▶ **WHAT YOU WILL DO**: Reprint every line of the data, keeping each character intact.
══ WORKING DATA ══
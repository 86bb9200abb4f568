// `expect`: asserts that a row of a test gave what it must give. It is proved once; an `assert_eq!` costs the prover twice as
// much as a call of it.

use std::fmt::Debug;
use std::process::Abort;

/// Asserts that the row with this number gave `wanted`.
pub(crate) fn expect<R: Abort, T: PartialEq + Debug + Copy>(
    rt: &R,
    number: usize,
    given: T,
    wanted: T,
) {
    assert_eq!(rt; (number, given), (number, wanted));
}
═══
▶ **WRITTEN ANSWER**:
repository 86bb9200abb4f568
// `expect`: asserts that a row of a test gave what it must give. It is proved once; an `assert_eq!` costs the prover twice as
// much as a call of it.

use std::fmt::Debug;
use std::process::Abort;

/// Asserts that the row with this number gave `wanted`.
pub(crate) fn expect<R: Abort, T: PartialEq + Debug + Copy>(
    rt: &R,
    number: usize,
    given: T,
    wanted: T,
) {
    assert_eq!(rt; (number, given), (number, wanted));
}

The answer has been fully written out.